Ralph Cramden came home from work each night just a few minutes before dinner. So did Ward Cleaver, Mike Brady and Rhoda Morgenstern. Just like the shows their TV characters appeared in, the 9-to-5 workday is outdated.

“I always thought flex time should be part of the workforce,” says Evans, “and it's sort of expected today. You pretty much let them go when they need to go. We encourage people to give their time to the schools with their kids.”

Wapnish says the request for flex time extends beyond that. “Some of these people looking for jobs are interested in being able to work at home on a project,” she says. “That's a real fine line, so we try to be flexible without going overboard. You have to treat everybody the same.”

Bouvier says it's not uncommon for his employees to take off in the middle of the day and come back to the office at night. “The bottom line is, you trust them to get their work done,” he says. “Interestingly enough, the more flexible we've become, the more productive we've become.”

Make the right hire

Even if you grade out well in all of the above, an employer has no guarantee of retaining a worker. Willson says that's because the willingness of an employee to leave at the drop of a hat often runs below the surface.

“When you're dealing with a young workforce, which many small businesses are, there are other factors,” she says. “Many young employees have watched their parents get laid off and have seen the trauma associated with that. `My loyalty is to myself and my profession,' they say. They're simply not afraid to walk, nor do they feel the need to have lifetime employment.”

So the best advice for the small business owner, says Rich Ruhmann, a Raleigh consultant specializing in employee selection, is to make the best possible hire. Low turnover means fewer disruptions, increased productivity and higher morale.

It also saves money. According to Ruhmann, government studies have placed the cost of a bad hiring decision at two to three times annual salary for computer programmers. The average cost for employee turnover in non-management positions is $12,000 to $17,000 for a 90-day period, those studies show.

“Employers really can't afford to make mistakes,” says Ruhmann. “Putting the wrong person in the wrong place adversely affects everyone.”

In Building a Winning Team, Harris M. Plotkin writes that “90 percent of all hiring decisions are made by interviews.” Yet the interviewing process often fails badly, Willson notes, because “small employers many times are organizations that were started by people who were very expert in the field, but not adept in other ways.”

Ruhmann contends that interviews are less than 50 percent effective because employers haven't determined who they're hiring. “Most job candidates are more skilled than the interviewer at the interviewing process. If you do not use a structured interview process, you are merely having a conversation,” he says.

He advises the interviewer to pose questions that will reflect the candidate's attitude, the belief being the person with a good, positive attitude but average talent will be a better hire than the person with a bad attitude but great talent.

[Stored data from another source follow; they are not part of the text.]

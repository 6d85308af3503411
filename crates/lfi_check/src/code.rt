//! The code of a module, as a file holds it.

ghost use Rattle.std.specs.Prelude.{◌≡◌, ℕ, ◌<◌, ◌≤◌, List, length, IfSome, IfNone};
ghost use Rattle.lfi_module.specs.Numbers.{most_words};
ghost use Rattle.a64_word.specs.Words.{words_of};
ghost use Rattle.lfi_check.specs.Checking.{IsCode};

use a64_word::{WORD_BYTES, Words, word_at, word_count};
use lfi_module::WordCount;
use std::marker::Model;

/// Code: whole words of 32 bits, 1 to 4,194,304 of them, each with its lowest byte first.
///
/// A contract sees it as the list of its bytes.
#[derive(Drop)]
pub struct Code<'a> {
    bytes: &'a [u8],
}

impl<'a> Model for Code<'a> {
    ghost use Rattle.std.specs.Prelude.{List, ℕ};
    ghost use Rattle.lfi_check.specs.Checking.{IsCode};

    ghost Value = { List ℕ };

    ghost view = { λ c. c.bytes.now };

    ghost invariant = { λ c. IsCode c.bytes.now };
}

impl<'a> Code<'a> {
    /// These bytes as code. `None` where they aren't: there are none, they aren't whole words, or
    /// they are more than 16,777,216.
    pub fn new(bytes: &'a [u8]) -> Option<Code<'a>>
        ensures some { IfSome result (λ code. IsCode bytes.entry.now × (code ≡ bytes.entry.now)) }
        ensures none { IfNone result (¬ (IsCode bytes.entry.now)) }
    {
        if bytes.is_empty()
            || bytes.len() % WORD_BYTES != 0
            || bytes.len() > WordCount::MOST_BYTES
        {
            return None;
        }
        Some(Code { bytes })
    }

    /// These bytes, which are known to be code.
    pub fn of(bytes: &'a [u8]) -> Code<'a>
        requires { IsCode bytes.now }
        ensures { result ≡ bytes.entry.now }
    {
        Code { bytes }
    }

    /// How many words there are: 1 to 4,194,304.
    pub fn len_words(&self) -> usize
        ensures count { result ≡ length (words_of self.now) }
        ensures range { (1 ≤ result) × (result ≤ most_words) }
    {
        word_count(self.bytes)
    }
}

impl Words for Code<'_> {
    ghost words = { words_of };

    fn count(&self) -> usize {
        self.len_words()
    }

    fn word(&self, i: usize) -> u32 {
        word_at(self.bytes, i)
    }
}
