//! Laws of unmarkings: a member has at most one, and what it has of the other side. No code.
//!
//! `IsTable blocks` says that the blocks have distinct nodes and distinct commit ids, and no null
//! node. `AreApart` says of changesets that those of one node are the same.
#![tactic(auto)]

ghost use Rattle.std.specs.Prelude.{List};
ghost use Rattle.hg_model.specs.Revision.{Revision};
ghost use Rattle.pair_model.specs.Block.{Block};
ghost use Rattle.partner_model.specs.Partner.{IsHeldView};
ghost use Rattle.partner_model.specs.Table.{IsTable, AreApart};
ghost use Rattle.unmark_law.specs.Unmarkings.{UnmarkingIsOne};

/// A commit has at most one unmarking, and so has a changeset.
pub fn unmarking_is_one()
    ensures { (blocks : List Block) (known : List Revision) → IsTable blocks → AreApart (IsHeldView known) → UnmarkingIsOne blocks (IsHeldView known) }
{}

/// Of any blocks it does not hold: two blocks with one commit and two changesets.
pub fn unmarking_needs_a_table()
    ensures { ¬ ((blocks : List Block) (known : List Revision) → UnmarkingIsOne blocks (IsHeldView known)) }
{}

The premium on finding — and keeping — the right employee has never been greater. Today, there are 160 million people over the age of 30, but only 70 million under the age of 30. Competition is keen for the top talent that will run companies in the next generation.

“More than ever, you really have to be on your toes and aware of what's going on in your field,” says Wapnish. “The challenges you face with all of the new innovative ways of doing business require flexibility and vision. You have to have an eye on both the present and the future, because both are constantly changing.”